Data supplied.
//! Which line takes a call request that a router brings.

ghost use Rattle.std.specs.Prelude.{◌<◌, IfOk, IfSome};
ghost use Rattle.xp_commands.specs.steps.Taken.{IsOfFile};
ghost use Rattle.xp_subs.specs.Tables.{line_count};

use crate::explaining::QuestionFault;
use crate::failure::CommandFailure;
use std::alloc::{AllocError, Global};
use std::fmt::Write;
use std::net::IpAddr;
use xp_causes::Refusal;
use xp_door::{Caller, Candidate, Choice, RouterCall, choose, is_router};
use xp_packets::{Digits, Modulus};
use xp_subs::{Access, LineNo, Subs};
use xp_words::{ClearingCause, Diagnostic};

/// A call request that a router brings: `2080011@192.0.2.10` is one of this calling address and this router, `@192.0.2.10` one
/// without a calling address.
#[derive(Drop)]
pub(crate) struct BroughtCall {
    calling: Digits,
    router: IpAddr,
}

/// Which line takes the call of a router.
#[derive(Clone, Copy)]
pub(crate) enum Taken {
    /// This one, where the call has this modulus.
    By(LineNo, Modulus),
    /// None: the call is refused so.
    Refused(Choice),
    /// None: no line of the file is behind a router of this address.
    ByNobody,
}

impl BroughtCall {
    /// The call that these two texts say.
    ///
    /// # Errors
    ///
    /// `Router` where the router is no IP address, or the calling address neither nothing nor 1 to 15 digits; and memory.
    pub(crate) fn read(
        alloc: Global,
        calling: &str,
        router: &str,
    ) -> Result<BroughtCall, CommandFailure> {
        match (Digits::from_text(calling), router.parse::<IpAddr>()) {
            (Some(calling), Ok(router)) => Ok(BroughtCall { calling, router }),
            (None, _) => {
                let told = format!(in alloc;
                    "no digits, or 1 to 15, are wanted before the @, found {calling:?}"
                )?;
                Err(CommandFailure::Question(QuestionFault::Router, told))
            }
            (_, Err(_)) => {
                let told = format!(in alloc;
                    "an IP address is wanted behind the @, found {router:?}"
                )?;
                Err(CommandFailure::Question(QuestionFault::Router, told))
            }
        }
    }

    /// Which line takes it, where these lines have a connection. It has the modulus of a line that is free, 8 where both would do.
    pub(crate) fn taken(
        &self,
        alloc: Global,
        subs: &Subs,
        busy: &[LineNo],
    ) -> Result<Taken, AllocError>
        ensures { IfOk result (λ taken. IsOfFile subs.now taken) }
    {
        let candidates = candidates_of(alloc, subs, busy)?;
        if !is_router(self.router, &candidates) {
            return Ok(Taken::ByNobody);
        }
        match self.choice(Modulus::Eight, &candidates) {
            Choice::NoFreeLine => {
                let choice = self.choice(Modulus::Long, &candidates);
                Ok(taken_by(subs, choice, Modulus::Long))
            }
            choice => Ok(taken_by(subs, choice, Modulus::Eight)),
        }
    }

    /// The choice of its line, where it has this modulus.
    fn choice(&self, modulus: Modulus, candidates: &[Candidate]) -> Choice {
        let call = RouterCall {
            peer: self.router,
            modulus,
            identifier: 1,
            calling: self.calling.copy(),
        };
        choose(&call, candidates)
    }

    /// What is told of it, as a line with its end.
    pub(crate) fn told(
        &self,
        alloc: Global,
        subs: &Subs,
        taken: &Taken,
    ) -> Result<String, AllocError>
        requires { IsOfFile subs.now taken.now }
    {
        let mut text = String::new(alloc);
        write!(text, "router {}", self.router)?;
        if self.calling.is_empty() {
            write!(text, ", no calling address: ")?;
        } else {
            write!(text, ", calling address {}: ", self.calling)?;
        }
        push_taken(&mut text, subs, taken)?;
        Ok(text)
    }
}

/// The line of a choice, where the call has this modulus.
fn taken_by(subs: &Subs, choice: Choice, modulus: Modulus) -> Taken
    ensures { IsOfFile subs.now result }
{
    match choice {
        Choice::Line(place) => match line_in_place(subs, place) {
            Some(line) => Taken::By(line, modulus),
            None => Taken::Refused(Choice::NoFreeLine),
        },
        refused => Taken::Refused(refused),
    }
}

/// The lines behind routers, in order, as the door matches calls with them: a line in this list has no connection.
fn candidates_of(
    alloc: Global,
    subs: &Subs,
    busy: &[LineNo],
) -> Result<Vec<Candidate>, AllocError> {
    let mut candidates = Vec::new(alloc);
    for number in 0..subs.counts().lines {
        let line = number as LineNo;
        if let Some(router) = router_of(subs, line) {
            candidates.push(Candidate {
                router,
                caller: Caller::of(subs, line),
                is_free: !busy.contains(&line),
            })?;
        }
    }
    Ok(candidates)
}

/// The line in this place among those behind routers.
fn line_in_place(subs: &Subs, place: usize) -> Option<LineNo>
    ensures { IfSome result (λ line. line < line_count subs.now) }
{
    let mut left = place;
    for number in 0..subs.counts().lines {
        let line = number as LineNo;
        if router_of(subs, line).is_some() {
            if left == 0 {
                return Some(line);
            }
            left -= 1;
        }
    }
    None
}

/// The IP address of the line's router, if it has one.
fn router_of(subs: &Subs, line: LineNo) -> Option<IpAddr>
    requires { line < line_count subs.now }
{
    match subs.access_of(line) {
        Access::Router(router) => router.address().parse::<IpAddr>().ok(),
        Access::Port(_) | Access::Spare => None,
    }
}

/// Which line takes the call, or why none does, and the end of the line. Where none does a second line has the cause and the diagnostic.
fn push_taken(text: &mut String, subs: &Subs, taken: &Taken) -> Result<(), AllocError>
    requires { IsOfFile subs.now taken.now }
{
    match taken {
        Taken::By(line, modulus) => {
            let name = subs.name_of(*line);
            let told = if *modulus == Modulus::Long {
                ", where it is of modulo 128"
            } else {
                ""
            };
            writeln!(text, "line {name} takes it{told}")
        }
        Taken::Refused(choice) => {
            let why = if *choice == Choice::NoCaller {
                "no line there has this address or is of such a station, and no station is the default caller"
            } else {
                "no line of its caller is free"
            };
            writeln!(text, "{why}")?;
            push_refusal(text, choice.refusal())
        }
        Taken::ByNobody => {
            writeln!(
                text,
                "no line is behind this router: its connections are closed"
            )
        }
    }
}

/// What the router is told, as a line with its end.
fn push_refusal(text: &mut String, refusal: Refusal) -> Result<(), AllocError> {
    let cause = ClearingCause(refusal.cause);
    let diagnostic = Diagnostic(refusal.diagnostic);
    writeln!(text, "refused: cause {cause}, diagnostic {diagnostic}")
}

* * *

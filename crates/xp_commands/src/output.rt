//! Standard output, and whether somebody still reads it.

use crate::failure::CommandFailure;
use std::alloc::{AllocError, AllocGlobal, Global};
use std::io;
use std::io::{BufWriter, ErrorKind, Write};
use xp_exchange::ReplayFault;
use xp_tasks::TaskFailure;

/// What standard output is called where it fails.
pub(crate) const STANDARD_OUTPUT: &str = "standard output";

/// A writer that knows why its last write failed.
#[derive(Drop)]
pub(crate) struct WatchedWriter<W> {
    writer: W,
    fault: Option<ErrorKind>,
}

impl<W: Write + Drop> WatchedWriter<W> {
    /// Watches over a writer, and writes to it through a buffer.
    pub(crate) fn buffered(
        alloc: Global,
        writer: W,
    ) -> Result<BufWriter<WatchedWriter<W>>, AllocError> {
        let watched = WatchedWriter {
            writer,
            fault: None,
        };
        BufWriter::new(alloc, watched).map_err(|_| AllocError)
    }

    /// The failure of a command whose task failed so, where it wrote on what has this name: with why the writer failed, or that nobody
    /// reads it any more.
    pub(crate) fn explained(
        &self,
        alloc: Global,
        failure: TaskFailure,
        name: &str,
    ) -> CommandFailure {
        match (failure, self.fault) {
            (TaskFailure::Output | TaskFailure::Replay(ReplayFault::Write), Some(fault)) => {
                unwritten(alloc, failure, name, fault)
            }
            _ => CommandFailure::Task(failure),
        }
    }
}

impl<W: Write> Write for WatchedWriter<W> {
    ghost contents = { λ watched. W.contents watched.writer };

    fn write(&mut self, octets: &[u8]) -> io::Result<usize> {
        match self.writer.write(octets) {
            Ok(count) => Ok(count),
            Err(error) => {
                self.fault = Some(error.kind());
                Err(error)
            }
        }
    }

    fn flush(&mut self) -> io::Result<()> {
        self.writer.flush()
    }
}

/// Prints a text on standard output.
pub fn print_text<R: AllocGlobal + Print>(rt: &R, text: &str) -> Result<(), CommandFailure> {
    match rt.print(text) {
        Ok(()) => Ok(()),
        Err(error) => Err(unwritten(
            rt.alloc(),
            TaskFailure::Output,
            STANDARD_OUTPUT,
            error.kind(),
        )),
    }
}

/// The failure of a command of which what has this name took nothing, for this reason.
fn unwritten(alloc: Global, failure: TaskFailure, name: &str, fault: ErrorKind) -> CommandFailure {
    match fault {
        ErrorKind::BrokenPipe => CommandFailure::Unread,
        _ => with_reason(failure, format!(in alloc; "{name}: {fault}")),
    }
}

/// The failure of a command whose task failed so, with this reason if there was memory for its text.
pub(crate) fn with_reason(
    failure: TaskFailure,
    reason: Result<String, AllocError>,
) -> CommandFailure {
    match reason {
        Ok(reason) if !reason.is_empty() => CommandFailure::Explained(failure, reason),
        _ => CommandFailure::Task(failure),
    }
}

==

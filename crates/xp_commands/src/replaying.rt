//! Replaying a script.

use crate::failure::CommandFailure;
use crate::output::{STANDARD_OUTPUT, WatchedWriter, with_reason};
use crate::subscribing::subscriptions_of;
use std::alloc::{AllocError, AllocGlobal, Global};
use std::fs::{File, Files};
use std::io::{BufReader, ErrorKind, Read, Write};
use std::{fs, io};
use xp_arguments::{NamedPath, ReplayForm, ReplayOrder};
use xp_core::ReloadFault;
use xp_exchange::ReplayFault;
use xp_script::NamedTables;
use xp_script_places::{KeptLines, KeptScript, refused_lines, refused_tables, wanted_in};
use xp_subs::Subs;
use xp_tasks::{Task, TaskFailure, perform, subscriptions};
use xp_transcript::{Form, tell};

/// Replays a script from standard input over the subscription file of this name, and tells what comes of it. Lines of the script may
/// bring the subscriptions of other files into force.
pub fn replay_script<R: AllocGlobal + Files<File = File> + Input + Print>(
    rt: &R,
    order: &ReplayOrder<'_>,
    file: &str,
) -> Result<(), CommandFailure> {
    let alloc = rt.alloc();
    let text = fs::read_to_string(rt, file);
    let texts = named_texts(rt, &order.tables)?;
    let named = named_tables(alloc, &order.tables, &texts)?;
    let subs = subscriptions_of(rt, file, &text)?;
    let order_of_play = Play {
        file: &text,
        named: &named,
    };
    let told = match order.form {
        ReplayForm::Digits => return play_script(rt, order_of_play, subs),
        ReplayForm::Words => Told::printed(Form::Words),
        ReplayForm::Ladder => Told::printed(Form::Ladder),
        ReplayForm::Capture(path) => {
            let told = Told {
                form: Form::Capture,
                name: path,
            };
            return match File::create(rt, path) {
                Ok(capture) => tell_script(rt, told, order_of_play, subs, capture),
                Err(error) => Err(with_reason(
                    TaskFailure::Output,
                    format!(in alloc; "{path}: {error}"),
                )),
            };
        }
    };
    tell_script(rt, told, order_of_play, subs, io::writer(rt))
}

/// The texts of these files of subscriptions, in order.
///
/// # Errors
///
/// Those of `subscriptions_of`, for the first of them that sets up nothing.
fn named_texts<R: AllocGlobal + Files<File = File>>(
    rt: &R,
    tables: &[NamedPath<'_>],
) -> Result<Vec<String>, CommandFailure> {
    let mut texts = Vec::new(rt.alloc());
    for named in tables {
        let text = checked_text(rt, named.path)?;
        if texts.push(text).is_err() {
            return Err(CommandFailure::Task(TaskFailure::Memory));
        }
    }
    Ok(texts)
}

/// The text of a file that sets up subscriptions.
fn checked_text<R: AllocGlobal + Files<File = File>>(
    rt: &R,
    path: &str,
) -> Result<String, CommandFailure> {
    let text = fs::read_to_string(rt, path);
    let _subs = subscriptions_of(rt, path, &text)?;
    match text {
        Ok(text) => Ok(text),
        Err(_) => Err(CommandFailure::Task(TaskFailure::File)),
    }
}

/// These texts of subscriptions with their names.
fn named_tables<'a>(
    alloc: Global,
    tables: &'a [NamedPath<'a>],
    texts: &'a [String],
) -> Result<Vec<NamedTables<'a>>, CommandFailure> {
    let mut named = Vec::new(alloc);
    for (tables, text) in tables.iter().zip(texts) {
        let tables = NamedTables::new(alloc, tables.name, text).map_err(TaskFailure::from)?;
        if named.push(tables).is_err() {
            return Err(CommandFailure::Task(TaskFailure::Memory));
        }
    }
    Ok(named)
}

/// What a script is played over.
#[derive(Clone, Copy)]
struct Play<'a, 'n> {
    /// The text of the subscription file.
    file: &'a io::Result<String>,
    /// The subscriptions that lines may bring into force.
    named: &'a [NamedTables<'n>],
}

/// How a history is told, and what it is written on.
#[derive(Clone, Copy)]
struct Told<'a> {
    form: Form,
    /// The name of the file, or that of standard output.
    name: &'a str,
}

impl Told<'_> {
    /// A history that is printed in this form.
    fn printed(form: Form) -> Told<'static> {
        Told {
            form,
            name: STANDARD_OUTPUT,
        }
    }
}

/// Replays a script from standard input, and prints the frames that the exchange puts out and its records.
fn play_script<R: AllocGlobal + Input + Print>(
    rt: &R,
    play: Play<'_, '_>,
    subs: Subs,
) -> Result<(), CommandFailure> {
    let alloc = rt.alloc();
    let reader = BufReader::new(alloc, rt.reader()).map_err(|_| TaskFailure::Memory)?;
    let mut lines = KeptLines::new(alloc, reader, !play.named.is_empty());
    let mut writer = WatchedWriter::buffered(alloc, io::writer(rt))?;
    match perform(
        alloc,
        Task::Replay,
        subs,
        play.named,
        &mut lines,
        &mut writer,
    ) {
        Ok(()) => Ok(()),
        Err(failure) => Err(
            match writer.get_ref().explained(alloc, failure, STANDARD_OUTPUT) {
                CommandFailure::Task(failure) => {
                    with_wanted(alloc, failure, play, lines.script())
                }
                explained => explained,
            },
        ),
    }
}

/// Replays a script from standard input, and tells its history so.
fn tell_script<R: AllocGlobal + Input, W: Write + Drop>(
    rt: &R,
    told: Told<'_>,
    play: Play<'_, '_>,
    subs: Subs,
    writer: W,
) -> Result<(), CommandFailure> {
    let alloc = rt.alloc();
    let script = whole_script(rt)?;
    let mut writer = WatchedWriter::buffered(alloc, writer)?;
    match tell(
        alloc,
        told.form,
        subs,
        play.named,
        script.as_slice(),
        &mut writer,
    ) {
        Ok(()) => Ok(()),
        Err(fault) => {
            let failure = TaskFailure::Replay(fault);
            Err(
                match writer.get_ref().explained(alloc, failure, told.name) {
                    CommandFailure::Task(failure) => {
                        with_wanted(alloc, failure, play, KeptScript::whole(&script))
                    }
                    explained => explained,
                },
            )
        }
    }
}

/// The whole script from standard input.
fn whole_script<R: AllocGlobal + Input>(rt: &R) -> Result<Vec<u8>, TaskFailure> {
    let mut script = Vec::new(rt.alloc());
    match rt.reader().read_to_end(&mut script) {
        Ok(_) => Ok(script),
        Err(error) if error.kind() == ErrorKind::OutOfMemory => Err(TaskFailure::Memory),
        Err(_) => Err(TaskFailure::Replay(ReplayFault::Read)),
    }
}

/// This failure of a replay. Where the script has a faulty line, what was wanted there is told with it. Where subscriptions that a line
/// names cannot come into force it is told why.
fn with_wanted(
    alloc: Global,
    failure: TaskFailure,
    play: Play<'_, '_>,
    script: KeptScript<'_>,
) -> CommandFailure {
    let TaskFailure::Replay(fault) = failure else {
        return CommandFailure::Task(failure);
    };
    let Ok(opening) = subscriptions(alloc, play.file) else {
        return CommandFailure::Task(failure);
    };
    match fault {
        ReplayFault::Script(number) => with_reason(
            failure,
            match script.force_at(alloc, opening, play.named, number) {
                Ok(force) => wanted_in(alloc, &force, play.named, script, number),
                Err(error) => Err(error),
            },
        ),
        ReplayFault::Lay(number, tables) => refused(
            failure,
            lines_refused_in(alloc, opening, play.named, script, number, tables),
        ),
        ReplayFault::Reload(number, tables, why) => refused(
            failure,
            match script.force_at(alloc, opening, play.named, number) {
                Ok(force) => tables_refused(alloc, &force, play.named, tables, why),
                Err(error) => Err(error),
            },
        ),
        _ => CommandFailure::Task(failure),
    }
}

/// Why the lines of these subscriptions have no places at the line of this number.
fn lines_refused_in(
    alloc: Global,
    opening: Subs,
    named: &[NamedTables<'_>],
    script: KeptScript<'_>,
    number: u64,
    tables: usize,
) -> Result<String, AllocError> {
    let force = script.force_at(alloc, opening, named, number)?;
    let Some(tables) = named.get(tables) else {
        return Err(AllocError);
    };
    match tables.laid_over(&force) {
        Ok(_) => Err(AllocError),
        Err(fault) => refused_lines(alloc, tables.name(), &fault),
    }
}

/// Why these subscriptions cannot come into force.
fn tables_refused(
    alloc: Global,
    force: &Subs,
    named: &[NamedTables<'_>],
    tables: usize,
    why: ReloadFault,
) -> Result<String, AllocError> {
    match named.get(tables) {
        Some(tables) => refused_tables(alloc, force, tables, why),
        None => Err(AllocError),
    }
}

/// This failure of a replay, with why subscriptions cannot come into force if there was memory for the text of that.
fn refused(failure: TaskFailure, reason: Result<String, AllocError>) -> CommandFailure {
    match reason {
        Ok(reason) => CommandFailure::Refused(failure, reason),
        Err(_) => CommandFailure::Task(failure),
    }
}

Prompt.
Give the count, and only the count, of lines in these records that hold the string "IsOfFile".

Final answer.
5